This is a false R all around. You two probably need professional help if there is something to save from that train wreck.


----------



## ProvidenceHusband (Aug 9, 2012)

Is it revenge though if we are separated? All of this is intensely confusing and I agree a MC would be the best thing at this point.


----------



## Kasler (Jul 20, 2012)

^ Doesn't matter. Read Shaggy's list as its on point. 

You gave her a field day on sex with other men but shes not ready to call it a day and come inside yet. Her bullsh*t "I don't believe in monogamy" is just an excuse. 

She believes in monogamy, just not with you. She wants to cake eat. She wants to have you for security, taking care of the kids while the OM will supply her with sex and fun and more sex. 

Do you really want to be her room mate? 

To have her come home to your children kissing their cheeks when her lips may have been wrapped around who knows what? The mind movies of her with another man between her legs will emotionally kill you if you have to put up with having a wed locked room mate. Also do you want to raise his children if she gets pregnant by him? It doesn't matter if you aren't the father, if you're married at the time you're going to be the one financially raising it for at least 18 years. 

You can never beat the OM either. With you she has responsibilities, kids, etc but with him its all sex, lovey dovey meetings, and no responsibilities. 

You tell her she gets her as* back in the marriage 100% or she needs to go. 

You having an affair is not justification for this crap.


----------



## aug (Aug 21, 2011)

ProvidenceHusband said:


> Is it revenge though if we are separated? All of this is intensely confusing and I agree a MC would be the best thing at this point.



You're either married or you are not. I dont think there's a time-out in marriage. There's an end to marriage - that's divorce.

You're thinking a separation is a time-out, a freedom card to do whatever you want. That's what she has done and she's not ready for her freedom to end.


----------



## OldWolf57 (Mar 20, 2012)

Did that clear up the cobwebs and confusion ?? It should. You said it has been a year that you have been working on you and her, but she just decided yesterday to R. 
Then how can you have any doubts that she was getting her ashes hauled, and want to continue with him, but not with you.
Are you really ready to go without while she don't ?? Is that your idea of marriage ?

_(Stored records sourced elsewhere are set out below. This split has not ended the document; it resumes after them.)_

//! How a field behaves, and what its behaviour refers to (SystemRDL 2.0, clause 9).

use rb_base::Trigger;

/// A value that a field's behaviour may refer to: of a field, signal or register, by its number in the block.
///
/// `Field` is as wide as the field and `Signal` as the signal; all others have one bit.
#[derive(Clone, Copy, Debug, PartialEq, Eq)]
pub enum RefItem {
    /// A field's value before the edge.
    Field(u32),
    /// A signal's value.
    Signal(u32),
    /// `anded`: whether all bits of the field are 1.
    Anded(u32),
    /// `ored`: whether any bit of the field is 1.
    Ored(u32),
    /// `xored`: whether an odd number of its bits is 1.
    Xored(u32),
    /// `incrthreshold`: whether the counter is at or above its threshold.
    IncrThreshold(u32),
    /// `decrthreshold`: whether the counter is at or below its threshold.
    DecrThreshold(u32),
    /// `overflow`: whether the counter passes its width's end at this edge.
    Overflow(u32),
    /// `underflow`: whether the counter passes 0 downwards at this edge.
    Underflow(u32),
    /// `swmod`: whether the access of the vector writes the field, or reads it with an effect.
    SwMod(u32),
    /// `swacc`: whether the access of the vector reads or writes the field.
    SwAcc(u32),
    /// `intr` of a register: whether a bit of its interrupts counts.
    Intr(u32),
    /// `halt` of a register: whether a bit of its interrupts counts for it.
    Halt(u32),
}

/// Whether a field keeps a value, is what hardware gives at each edge, or is a number.
#[derive(Clone, Copy, Debug, PartialEq, Eq)]
pub enum Class {
    /// It keeps a value between edges.
    Storage,
    /// It has no value of its own, but what its source gives in each vector.
    Wire,
    /// It is its reset value, always.
    Constant,
}

/// What resets a field: the signal of a number, or the bus's PRESETn, and how it does.
///
/// The reset is asserted at 0 where it is `low`, else at 1. One that is `sync` acts at the clock edge alone.
#[derive(Clone, Copy, Debug, PartialEq, Eq)]
pub struct ResetBy {
    /// The number of the signal in [`Block::signals`](crate::Block::signals); PRESETn if there is none.
    pub signal: Option<u32>,
    /// `activelow`, and else `activehigh`.
    pub low: bool,
    /// `sync`, and else `async`.
    pub sync: bool,
}

/// Where a value comes from: nowhere, an input pin of its own, or an item.
#[derive(Clone, Copy, Debug, PartialEq, Eq)]
pub enum Feed {
    /// The property isn't set.
    Off,
    /// It is true: an input pin is made for it.
    Pin,
    /// It refers to this item.
    Item(RefItem),
}

/// When an effect is let through: always, where the feed is 1, or where it is 0.
#[derive(Clone, Copy, Debug, PartialEq, Eq)]
pub enum Gate {
    Always,
    High(Feed),
    Low(Feed),
}

/// Which bits of a value count: all, those where the item is 1, or those where it is 0.
#[derive(Clone, Copy, Debug, PartialEq, Eq)]
pub enum Mask {
    /// All bits: neither property is set.
    Off,
    /// `hwenable`, `enable` or `haltenable`: the bits where the item is 1.
    Enable(RefItem),
    /// `hwmask`, `mask` or `haltmask`: the bits where the item is 0.
    Mask(RefItem),
}

/// How far a counter counts at a pulse: a number, an item, or an input pin of this width in bits.
#[derive(Clone, Copy, Debug, PartialEq, Eq)]
pub enum Amount {
    /// `incrvalue` or `decrvalue` is this number, below 2 to the counter's width; 1 where neither is set.
    Number(u64),
    /// It refers to this item.
    Item(RefItem),
    /// `incrwidth` or `decrwidth`: an input pin of so many bits (1 to the counter's width).
    Pin(u8),
}

/// What a counter's value is compared with.
#[derive(Clone, Copy, Debug, PartialEq, Eq)]
pub enum Level {
    /// A number below 2 to the counter's width.
    Number(u64),
    /// What this item is at the edge.
    Item(RefItem),
}

/// One direction of a counter.
#[derive(Clone, Copy, Debug, PartialEq, Eq)]
pub struct Part {
    /// `incr` or `decr`, or the counter's own pin: it counts where this is 1.
    pub pulse: Feed,
    pub amount: Amount,
}

/// A counter (SystemRDL 2.0, 9.8): its directions, the levels at which it saturates, and its thresholds.
#[derive(Clone, Copy, Debug, PartialEq, Eq)]
pub struct Count {
    /// How it counts up, if it does.
    pub up: Option<Part>,
    /// How it counts down, if it does.
    pub down: Option<Part>,
    /// `incrsaturate`: the level above which it doesn't count.
    pub high: Option<Level>,
    /// `decrsaturate`: the level below which it doesn't count.
    pub low: Option<Level>,
    /// `incrthreshold`: from this level on its threshold is reached upwards.
    pub above: Level,
    /// `decrthreshold`: from this level on its threshold is reached downwards.
    pub below: Level,
}

/// Whether a field is an interrupt (SystemRDL 2.0, 9.9), and how it keeps its events.
///
/// `Bits` keeps each bit, `Whole` the first events until they are cleared, and `Plain` keeps none.
#[derive(Clone, Copy, Debug, PartialEq, Eq)]
pub enum Latch {
    /// It is no interrupt.
    Off,
    /// `stickybit`, with what is an event.
    Bits(Trigger),
    /// `sticky`, with what is an event.
    Whole(Trigger),
    /// `nonsticky`: an interrupt that keeps no event.
    Plain,
}

/// An output of one bit that a field may have beside its value, in port order.
#[derive(Clone, Copy, Debug, PartialEq, Eq, PartialOrd, Ord)]
pub enum Shown {
    Anded,
    Ored,
    Xored,
    IncrThreshold,
    DecrThreshold,
    Overflow,
    Underflow,
    SwMod,
    SwAcc,
}

/// What a software write does (SystemRDL 2.0, 9.6, `onwrite`); `Off` stores the written bits.
#[derive(Clone, Copy, Debug, PartialEq, Eq)]
pub enum OnWrite {
    Off,
    /// Written ones set their bits.
    WoSet,
    /// Written ones clear their bits.
    WoClr,
    /// Written ones turn their bits.
    WoT,
    /// Written zeros set their bits.
    WzS,
    /// Written zeros clear their bits.
    WzC,
    /// Written zeros turn their bits.
    WzT,
    /// Any write clears all bits.
    WClr,
    /// Any write sets all bits.
    WSet,
}

/// What a software read does (SystemRDL 2.0, 9.6, `onread`); `Off` does nothing.
#[derive(Clone, Copy, Debug, PartialEq, Eq)]
pub enum OnRead {
    Off,
    /// A read clears all bits.
    RClr,
    /// A read sets all bits.
    RSet,
}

She is either in or out. NC letter and complete transparency. No passwords on anything.
And Mc yesterday !!!!


----------



## somethingelse (Jun 20, 2012)

I agree with Kasler. She's playing you right now. There's no excuse for her. She is a cake eater. and worst of all, you sound too nice for her to want to stop. You are separated, but still married. Separation should be a time to regroup and re-evaluate ourselves to better ourselves. She has turned completely away from the marriage and is worsening the marriage.


----------



## ProvidenceHusband (Aug 9, 2012)

I guess i just felt like, after what i put her through for years, she deserved some freedom, but all of you are making sense as well. Its just tough to take such a hard stance. I know its needed to make this marriage work though, im just scared. Its such an immense amount of pressure and a tough situation to even approach, especially when anger is already a factor. an MC is a must but before she is willing we have to get clear of everything thats ogin on now.


----------



## Falene (Dec 31, 2011)

Hold on a second...

It is so possible that his wife is going through what many of us betrayed spouses deal with...not feeling that we can or even want to have intimacy with our cheating spouses again.

To be quite honest, I did not cheat on my husband with a revenge affair (or any kind of affair) and I don't know if I believe monogamy works either. I think that is rather normal.

I just want to make sure I have this nugget correct:

If you separate from your spouse due to his/her infidelity and are intimate with someone else you are also considered a cheater? Really?


----------



## somethingelse (Jun 20, 2012)

ProvidenceHusband said:


> I guess i just felt like, after what i put her through for years, she deserved some freedom, but all of you are making sense as well. Its just tough to take such a hard stance. I know its needed to make this marriage work though, im just scared. Its such an immense amount of pressure and a tough situation to even approach, especially when anger is already a factor. an MC is a must but before she is willing we have to get clear of everything thats ogin on now.



This all must be really confusing for you..

She is using your A as a tool. She is on the fence. But the A you had, and the separation to follow sounds like it did a number on her. Why is she giving your relationship another go when she does not have that "connection" with you anymore. What is it that she wants from you? You cannot change what you did. You cannot change how she feels. You have been trying for a year. She doesn't seem to forgive you. So what more does she want? 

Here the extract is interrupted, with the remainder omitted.